The CME pre-market commentary suggested that there is much mixed news this morning and overnight, even saying that news in the soybean complex "was a little bit slow", so this suggests to me that consolidation and erratic trading might occur. The charts in this posting are wheat and soybeans for the first 1/2 hour of today's session. This erratic trading could also perhaps be a signal that the plunge in grains prices (over the previous two days) has found support.
Tuesday, December 18, 2007
If grains won't cooperate, then...
let's short the Aussie!
Saving Money Trading Forex
The Chicago Mercantile Exchange allows futures traders to trade Forex with tighter spreads and lower commissions.
Most of the Forex brokers claim that their trading is commission-free, but this isn't entirely truthful. Weren't they ever taught by dear old Mom to tell the whole truth? Instead of charging a commission, they just widen the bid/ask spread and make their profits that way. It is much more expensive for a trader to trade that way, because that bid/ask spread ultimately comes out of of the trader's pocket! There is no free lunch, and we traders are paying for the lunch!
I have come to learn that it is to the benefit of traders for orders to be processed through a centralized exchange like the CME. Since all orders are processed through the exchange, spreads are generally only 1 tick for liquid futures contracts. With a commission of only about $4 per trade, the break-even point is only 1-2 ticks.
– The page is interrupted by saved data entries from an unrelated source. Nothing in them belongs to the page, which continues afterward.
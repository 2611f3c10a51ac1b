//! Typedefs, constants and registers.
#![tactic(auto, using(cmm_static_semantics::proofs::Shared::first_of_append))]

ghost use Rattle.std.specs.Prelude.{◌≡◌, map, flat_map};
ghost use Rattle.cmm_static_semantics.specs.Spots.{first_of};
ghost use Rattle.cmm_static_semantics.specs.Units.{const_spots};
ghost use Rattle.cmm_check_declarations.specs.EntryFaults.{entry_value_spots};
ghost use Rattle.cmm_symbols.specs.Shown.{entry_shown, shown};
ghost use Rattle.cmm_typing.specs.Fitting.{AreWords};

use cmm_ast::{Expr, TypeName};
use cmm_static_semantics::Spot;
use cmm_symbols::{Entry, Named};
use cmm_typing::{Names, note_number_alone, note_type, width_of};

/// Notes the faults of a constant, which has the width of its type.
fn note_const<N: Names>(names: &N, t: &Option<TypeName>, value: &Expr, best: &mut Option<Spot>)
    requires { AreWords (N.senses names.now) }
    ensures { best.new ≡ first_of best.old (const_spots (N.senses names.now) t.now value.now) }
{
    match t {
        None => note_number_alone(names, None, value, best),
        Some(t) => {
            note_type(names, t, best);
            note_number_alone(names, width_of(names, t), value, best);
        }
    }
}

fn note_entry<'a, N: Names>(names: &N, entry: Entry<'a>, best: &mut Option<Spot>)
    requires { AreWords (N.senses names.now) }
    ensures { best.new ≡ first_of best.old (entry_value_spots (N.senses names.now) (entry_shown entry.entry)) }
{
    match entry {
        Entry::Typedef(t) => note_type(names, t, best),
        Entry::Const(t, value) => note_const(names, t, value, best),
        Entry::Register(t) => note_type(names, t, best),
        Entry::Import(_) => {}
        Entry::DataLabel { .. } => {}
        Entry::Procedure { .. } => {}
    }
}

/// Notes the faults of the types and values of typedefs, constants and registers: rules 21 to 27, 38 and 40. That they depend on themselves, rule
/// 39, is not noted.
pub fn note_entries<'a, N: Names>(
    names: &N,
    declared: &[Named<'a, Entry<'a>>],
    best: &mut Option<Spot>,
)
    requires { AreWords (N.senses names.now) }
    ensures { best.new ≡ first_of best.old (flat_map (λ d. entry_value_spots (N.senses names.now) d.as_what) (map shown declared.now)) }
{
    for named in declared {
        note_entry(names, named.what, best);
    }
}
Contrast that with the typical Forex broker. They charge no commission (so they say), but instead, they widen the bid/ask prices to 3-5 pips. Thus, your cost is at least $30-$50 just to break even. You must make from 4-6 ticks/pips before you can make a profit. And that's assuming there is NO slippage! This is the dirty little secret that the brokers of the retail Forex industry hope traders will never learn. They make their livelihoods from trader ignorance! But ultimately these brokers shoot themselves in the foot; because the churn in retail Forex traders is so high, they must constantly replace their client base. Their marketing costs sky-rocket, and they spend astronomical amounts of money seeking to constantly bring in new business. No wonder they widen their spreads so much!
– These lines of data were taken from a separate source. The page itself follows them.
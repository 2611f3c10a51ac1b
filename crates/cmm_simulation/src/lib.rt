//! The theory of following: when a run of one machine does all that a run of another does, and nothing else.
//!
//! This crate is below every machine of the compiler, and knows none of them. A layer above shows that its machine, the second,
//! simulates the one that it comes from, the first: from related states, each step of the first is done by a path of the second
//! that costs no more, or the second passes it over, and then a rank falls. From that the theory gives both directions over whole runs, in one form: there are
//! places in the run of the second where it has done the steps of the first, one after the other; it is level with the first there, at no more than the cost of those
//! steps, and in between it shows nothing that the step which the first makes meanwhile does not. Simulations and what they give compose from layer to layer with
//! their costs. At the top, a cost of K for each step of the first against 1 for each of the second is agreement with the factor K: down, what the first
//! does in m steps the second does in K * (m + 1); up, wherever the second stands after n steps, the first stands so after fewer than the slack times n + 1, which is n or fewer where no step is passed over, up to the
//! very step with which it goes wrong. All of it stops asking there.
//!
//! The definitions in `specs/`, in the order in which they build on each other:
//!
//! - `Seen`: what is seen of a run, and the events at which a state stands.
//! - `Machine`: a machine, its runs, what they cost, and what lasts in them.
//! - `Observing`: two states that are level, a state that is passed, and one that comes before a run.
//! - `Simulation`: paths with a cost, and simulations, lazy ones among them.
//! - `Following`: both directions, with costs. The slack says of how many steps of the first the second makes one; it is 1 where no step is passed over.
//! - `Agreement`: both directions, in counts of steps, also where the second machine first takes steps of its own.
//!
//! The laws hold for all machines, which a contract cannot say, so they are the public lemmas of `proofs/`: of runs in `Runs`, of
//! paths in `Paths`, of simulations in `Simulations` (lock-step, and along a run) and `Followings` (what follows for whole runs), of both in
//! `Composing` and `Scaling`, and of agreement (from following) in `Agreements`. Slacks of followings are multiplied; ranks of simulations add up where the first one's does
//! not rise while the second passes steps over. Each law is used on the small machines of `examples`, so that a contract names what it gives.
#![tactic(auto)]

pub mod examples;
Which would you rather do? Trade the retail Forex market, where you must make $40-$50 just to break even, or trade the currency futures through the CME, where you need to only make 1 tick ($10-12.50) to break even? The answer should be obvious!
As an example of this, my own broker funnels their Forex trades through one of the world's largest, most prominent Forex brokers. If I trade Forex (major crosses) through my broker, they charge me $2.67 per trade with a bid/ask spread of about .5-1.5 ticks (pips). However, if I trade directly with the same Forex broker at the retail level, instead of through my own at the wholesale cost, that same Forex broker widens the bid/ask spread to 3-5 ticks (ticks=pips), a difference of at least $30 in cost to the trader! The orders are both processed through the same company!
That's why I trade Forex through the Chicago Mercantile Exchange, where I pay about $4 plus 1 tick spread on futures processed through the CME exchange, rather than trade Forex through a retail Forex broker. I can also trade through my futures account rather than open a separate account just to trade currencies. It all comes down to MONEY - MY money!
In a business in which most people lose money, I'm not going to throw money away by spending more than I need to. The bid/ask spread is of critical importance in trading profitably. The tighter the spread, the more money in MY pocket.